**EXERCISE AIM:**
Among the records below, find each line containing the word "StdSink" and copy it.

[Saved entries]
* * * *
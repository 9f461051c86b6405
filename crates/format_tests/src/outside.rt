// Sources, sinks and images that fail, end and come in pieces, those of std and of files among them.
ghost use Rattle.std.specs.Prelude.{◌≡◌, ◌<◌};

use std::alloc::{Allocator, Global};
use std::fs::{File, Metadata, OpenOptions};
use std::io::{Empty, ErrorKind, Read, Write};
use std::rt::Files;
use std::test::Fail;
use std::{fs, io};
use vio_io::*;
use vio_num::NoMemory;

const TEXT: &[u8; 13] = b"0123456789abc";

// Reads pieces of `len` bytes to the end, past each failed call, and answers how many failed.
fn read_all<S: Source>(source: &mut S, len: usize, bytes: &mut Vec<u8>) -> Result<usize, Fail> {
    let mut failed: usize = 0;
    let mut piece = [0; 16];
    for _ in 0..100 {
        match source.read(&mut piece[..len.min(16)]) {
            Ok(0) => break,
            Ok(n) => bytes.extend_from_slice(&piece[..n])?,
            Err(Failed) => failed = failed.saturating_add(1),
        }
    }
    Ok(failed)
}

// Writes TEXT in pieces of `len` bytes, past each failed call, and answers how many failed.
fn write_all<S: Sink>(sink: &mut S, len: usize) -> Result<usize, Fail> {
    let mut failed: usize = 0;
    let mut rest: &[u8] = TEXT;
    for _ in 0..100 {
        if rest.is_empty() {
            break;
        }
        match sink.write(&rest[..len.min(rest.len())]) {
            Ok(n) => rest = &rest[n..],
            Err(WriteFault::Failed) => failed = failed.saturating_add(1),
            Err(WriteFault::NoMemory) => return Err(NoMemory.into()),
        }
    }
    Ok(failed)
}

// Bytes of a piece, and the most that one call moves.
static PIECES: [(usize, usize); 12] = [
    (1, 1),
    (1, 3),
    (1, 10),
    (3, 1),
    (3, 3),
    (3, 10),
    (10, 1),
    (10, 3),
    (10, 10),
    (16, 1),
    (16, 3),
    (16, 10),
];

// How many calls failed where a source is read in pieces to its end, and whether TEXT was read.
fn read_from<S: Source>(alloc: Global, source: &mut S, len: usize) -> Result<(usize, bool), Fail> {
    let mut read = Vec::new(alloc);
    let failed = read_all(source, len, &mut read)?;
    Ok((failed, read.as_slice() == TEXT.as_slice()))
}

fn read_sure(alloc: Global, len: usize, most: usize) -> Result<(usize, bool), Fail> {
    let mut sure = SureSource::new(TEXT.to_vec(alloc)?, most.max(1));
    read_from(alloc, &mut sure, len)
}

// Reads a source of which the calls 0 and 2 fail.
fn read_failing(alloc: Global, len: usize, most: usize) -> Result<(usize, bool), Fail> {
    let failing = vec![in alloc; 0, 2]?;
    let mut mem = MemSource::new(TEXT.to_vec(alloc)?, most.max(1), failing);
    read_from(alloc, &mut mem, len)
}

#[test]
fn sources_give_their_bytes(rt: HostRuntime) -> Result<(), Fail> {
    for (len, most) in PIECES.iter() {
        let sure = read_sure(rt.alloc(), *len, *most)?;
        let failing = read_failing(rt.alloc(), *len, *most)?;
        assert_eq!(rt; (sure, failing), ((0, true), (2, true)), "{len} {most}");
    }
    Ok(())
}

// How many calls failed where TEXT is written in pieces, and whether it was taken.
fn write_sure(alloc: Global, len: usize, most: usize) -> Result<(usize, bool), Fail> {
    let mut sure = SureSink::new(alloc, most.max(1));
    let failed = write_all(&mut sure, len)?;
    Ok((failed, sure.bytes() == TEXT.as_slice()))
}

// Writes to a sink of which the calls 0 and 1 fail.
fn write_failing(alloc: Global, len: usize, most: usize) -> Result<(usize, bool), Fail> {
    let failing = vec![in alloc; 0, 1]?;
    let mut mem = MemSink::new(alloc, most.max(1), failing);
    let failed = write_all(&mut mem, len)?;
    Ok((failed, mem.bytes() == TEXT.as_slice()))
}

#[test]
fn sinks_take_what_is_written(rt: HostRuntime) -> Result<(), Fail> {
    for (len, most) in PIECES.iter() {
        let sure = write_sure(rt.alloc(), *len, *most)?;
        let failing = write_failing(rt.alloc(), *len, *most)?;
        assert_eq!(rt; (sure, failing), ((0, true), (2, true)), "{len} {most}");
    }
    Ok(())
}

// A reader or writer of which one call answers an error, or takes nothing at all.
#[derive(Drop)]
struct Faulty {
    bytes: Vec<u8>,
    at: usize,
    calls: u64,
    fault: u64,
    kind: Option<ErrorKind>,
    flushes: usize,
}

impl Faulty {
    fn new(bytes: Vec<u8>, fault: u64, kind: Option<ErrorKind>) -> Faulty {
        Faulty {
            bytes,
            at: 0,
            calls: 0,
            fault,
            kind,
            flushes: 0,
        }
    }

    // Whether this call is the one that fails.
    fn call(&mut self) -> bool {
        let call = self.calls;
        self.calls = call.saturating_add(1);
        call == self.fault
    }
}

impl Read for Faulty {
    fn read(&mut self, out: &mut [u8]) -> io::Result<usize> {
        if self.call() {
            return match self.kind {
                Some(kind) => Err(io::Error::from(kind)),
                None => Ok(0),
            };
        }
        let at = self.at.min(self.bytes.len());
        let mut rest = &self.bytes[at..];
        let n = rest.read(out)?;
        self.at = at.saturating_add(n);
        Ok(n)
    }
}

impl Write for Faulty {
    fn write(&mut self, piece: &[u8]) -> io::Result<usize> {
        if self.call() {
            return match self.kind {
                Some(kind) => Err(io::Error::from(kind)),
                None => Ok(0),
            };
        }
        let n = piece.len().min(4);
        self.bytes.extend_from_slice(&piece[..n])?;
        Ok(n)
    }

    fn flush(&mut self) -> io::Result<()> {
        if self.call() {
            return Err(io::Error::from(ErrorKind::BrokenPipe));
        }
        self.flushes = self.flushes.saturating_add(1);
        Ok(())
    }
}

// The call that fails, how, and how many calls of the source then fail.
static READERS: [(u64, ErrorKind, usize); 5] = [
    (0, ErrorKind::BrokenPipe, 1),
    (1, ErrorKind::UnexpectedEof, 1),
    (2, ErrorKind::WouldBlock, 1),
    (1, ErrorKind::Interrupted, 0),
    (9, ErrorKind::BrokenPipe, 0),
];

// Reads a source over a reader of which this call fails so.
fn read_faulty(alloc: Global, fault: u64, kind: ErrorKind) -> Result<(usize, bool), Fail> {
    let reader = Faulty::new(TEXT.to_vec(alloc)?, fault, Some(kind));
    let mut source = StdSource::new(reader);
    read_from(alloc, &mut source, 3)
}

#[test]
fn a_reader_that_fails_is_no_end(rt: HostRuntime) -> Result<(), Fail> {
    for (fault, kind, failed) in READERS.iter() {
        let seen = read_faulty(rt.alloc(), *fault, *kind)?;
        assert_eq!(rt; seen, (*failed, true), "{fault}");
    }
    Ok(())
}

// The call that fails, how, how many calls of the sink then fail, and how often it flushes. Each write is followed by a
// flush, so that calls 1, 3, 5 are flushes.
static WRITERS: [(u64, Option<ErrorKind>, usize, usize); 5] = [
    (0, Some(ErrorKind::BrokenPipe), 1, 4),
    (0, Some(ErrorKind::Interrupted), 0, 4),
    (2, None, 1, 4),
    (4, Some(ErrorKind::StorageFull), 1, 4),
    (99, None, 0, 4),
];

// How many calls failed where TEXT is written to a sink over a writer of which this call fails so, whether it was
// written, and how often it was flushed.
fn write_faulty(
    alloc: Global,
    fault: u64,
    kind: Option<ErrorKind>,
) -> Result<(usize, bool, usize), Fail> {
    let mut writer = Faulty::new(Vec::new(alloc), fault, kind);
    let failed = write_all(&mut StdSink::new(&mut writer), 16)?;
    Ok((
        failed,
        writer.bytes.as_slice() == TEXT.as_slice(),
        writer.flushes,
    ))
}

// Writes TEXT to a sink whose writer takes it and fails to flush.
fn write_unflushed(alloc: Global) -> Result<usize, WriteFault> {
    let mut writer = Faulty::new(Vec::new(alloc), 1, None);
    StdSink::new(&mut writer).write(TEXT)
}

#[test]
fn a_writer_that_fails_is_counted(rt: HostRuntime) -> Result<(), Fail> {
    for (fault, kind, failed, flushes) in WRITERS.iter() {
        let seen = write_faulty(rt.alloc(), *fault, *kind)?;
        assert_eq!(rt; seen, (*failed, true, *flushes), "{fault}");
    }
    assert_eq!(rt; write_unflushed(rt.alloc()), Err(WriteFault::Failed));
    Ok(())
}

// The last byte of a block.
fn last_byte<B: Blocks>(image: &mut B, at: u64) -> Result<u8, Failed>
    requires { at < (B.state image.old).size }
    ensures { (B.state image.new).size ≡ (B.state image.old).size }
{
    let mut block = [9; 512];
    image.read_block(at, &mut block)?;
    Ok(block[511])
}

// An image of three blocks: writes the middle one, and reads the last byte of all three.
fn write_the_middle<B: Blocks>(image: &mut B) -> Result<(u8, u8, u8), Failed> {
    if image.count()? != 3 {
        return Err(Failed);
    }
    image.write_block(1, &[7; 512])?;
    image.flush()?;
    let first = last_byte(image, 0)?;
    let middle = last_byte(image, 1)?;
    let last = last_byte(image, 2)?;
    Ok((first, middle, last))
}

// The last bytes of three blocks in memory.
fn last_bytes(blocks: &[[u8; 512]]) -> Option<(u8, u8, u8)> {
    match blocks {
        [first, middle, last] => Some((first[511], middle[511], last[511])),
        _ => None,
    }
}

#[test]
fn sure_images_keep_their_blocks(rt: HostRuntime) -> Result<(), Fail> {
    let mut sure = SureBlocks::zeros(rt.alloc(), 3)?;
    assert_eq!(rt; write_the_middle(&mut sure)?, (0, 7, 0));
    assert_eq!(rt; last_bytes(sure.blocks()), Some((0, 7, 0)));
    Ok(())
}

// Three blocks of ones, where this call fails: what is answered, and what the image then holds.
fn fail_once(
    alloc: Global,
    call: u64,
) -> Result<(Option<(u8, u8, u8)>, Option<(u8, u8, u8)>), Fail> {
    let blocks = vec![in alloc; [1; 512]; 3]?;
    if blocks.len() != 3 {
        return Err("three blocks".into());
    }
    let mut mem = MemBlocks::new(blocks, vec![in alloc; call]?);
    let answer = write_the_middle(&mut mem).ok();
    Ok((answer, last_bytes(mem.blocks())))
}

#[test]
fn each_call_of_an_image_fails(rt: HostRuntime) -> Result<(), Fail> {
    for call in 0..7 {
        let (answer, held) = fail_once(rt.alloc(), call)?;
        assert_eq!(rt;
            answer,
            if call < 6 { None } else { Some((1, 7, 1)) },
            "{call}"
        );
        assert_eq!(rt; held, Some((1, if call < 2 { 1 } else { 7 }, 1)), "{call}");
    }
    Ok(())
}

// Writes the middle block of the image in a file, and answers what was read then.
fn write_file(rt: &HostRuntime, name: &str) -> Result<(u8, u8, u8), Fail> {
    let mut image = FileBlocks::open(rt, rt.alloc(), name)?;
    Ok(write_the_middle(&mut image)?)
}

// The number of blocks of the image in a file, or 0 where it is refused.
fn file_count(rt: &HostRuntime, name: &str) -> Result<u64, Fail> {
    let mut image = FileBlocks::open(rt, rt.alloc(), name)?;
    Ok(image.count().unwrap_or(0))
}

// Makes a file of as many bytes, each of them 5.
fn make_file(rt: &HostRuntime, name: &str, len: usize) -> Result<(), Fail> {
    let bytes = vec![in rt.alloc(); 5; len]?;
    fs::write(rt, name, bytes.as_slice())?;
    Ok(())
}

// The number of bytes of a file, and whether those of the second block are 7 and the others 5.
fn held_by(rt: &HostRuntime, name: &str) -> Result<(usize, bool), Fail> {
    let held = fs::read(rt, name)?;
    let mut bytes = held.iter().enumerate();
    let is_written = bytes.all(|(at, byte)| *byte == if at / 512 == 1 { 7 } else { 5 });
    Ok((held.len(), is_written))
}

#[test]
fn a_file_holds_an_image(rt: HostRuntime) -> Result<(), Fail> {
    let name = "vio_io-image.test";
    make_file(&rt, name, 1636)?;
    for _ in 0..2 {
        let seen = (write_file(&rt, name)?, held_by(&rt, name)?);
        assert_eq!(rt; seen, ((5, 7, 5), (1636, true)));
    }
    fs::remove_file(&rt, name)?;
    Ok(())
}

#[test]
fn an_image_has_one_block_at_least(rt: HostRuntime) -> Result<(), Fail> {
    let name = "vio_io-short.test";
    for (len, count) in [(0, 0), (511, 0), (512, 1), (1023, 1), (1024, 2)] {
        make_file(&rt, name, len)?;
        assert_eq!(rt; file_count(&rt, name)?, count, "{len}");
    }
    fs::remove_file(&rt, name)?;
    assert_eq!(rt; file_count(&rt, name)?, 0);
    Ok(())
}

// Files of a system that finds no memory to open one, or answers some other error.
#[derive(Drop)]
struct NoFiles(ErrorKind);

impl Files for NoFiles {
    type File = File;

    type Dir = Empty;

    fn open_file(&self, _how: &OpenOptions, _path: &str) -> io::Result<File> {
        Err(io::Error::from(self.0))
    }

    fn open_dir(&self, _path: &str) -> io::Result<Empty> {
        Err(io::Error::from(self.0))
    }

    fn metadata(&self, _path: &str) -> io::Result<Metadata> {
        Err(io::Error::from(self.0))
    }

    fn symlink_metadata(&self, _path: &str) -> io::Result<Metadata> {
        Err(io::Error::from(self.0))
    }

    fn copy(&self, _from: &str, _to: &str) -> io::Result<u64> {
        Err(io::Error::from(self.0))
    }

    fn rename(&self, _from: &str, _to: &str) -> io::Result<()> {
        Err(io::Error::from(self.0))
    }

    fn remove_file(&self, _path: &str) -> io::Result<()> {
        Err(io::Error::from(self.0))
    }

    fn create_dir(&self, _path: &str) -> io::Result<()> {
        Err(io::Error::from(self.0))
    }

    fn remove_dir(&self, _path: &str) -> io::Result<()> {
        Err(io::Error::from(self.0))
    }

    fn remove_dir_all<B: Allocator>(&self, _alloc: B, _path: &str) -> io::Result<()> {
        Err(io::Error::from(self.0))
    }
}

// What an image answers to a count where its file does not open; none where it is refused for want of memory.
fn count_unopened(alloc: Global, kind: ErrorKind) -> Option<Result<u64, Failed>> {
    match FileBlocks::open(&NoFiles(kind), alloc, "image") {
        Ok(mut image) => Some(image.count()),
        Err(NoMemory) => None,
    }
}

#[test]
fn only_want_of_memory_is_no_memory(rt: HostRuntime) {
    assert_eq!(rt; count_unopened(rt.alloc(), ErrorKind::OutOfMemory), None);
    for kind in [
        ErrorKind::PermissionDenied,
        ErrorKind::IsADirectory,
        ErrorKind::StorageFull,
    ] {
        assert_eq!(rt; count_unopened(rt.alloc(), kind), Some(Err(Failed)));
    }
}

// Passes a gate before each of three turns, and answers how many it passed.
fn turns_passed<G: Gate>(gate: &G) -> u64 {
    let mut passed = 0;
    for turn in 0..3 {
        gate.pass(0, 1, turn);
        passed = turn + 1;
    }
    passed
}

#[test]
fn the_free_gate_is_open(rt: HostRuntime) {
    assert_eq!(rt; turns_passed(&FreeGate), 3);
}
* * * *
**WRITTEN REPLY:**
    let failed = write_all(&mut StdSink::new(&mut writer), 16)?;
    StdSink::new(&mut writer).write(TEXT)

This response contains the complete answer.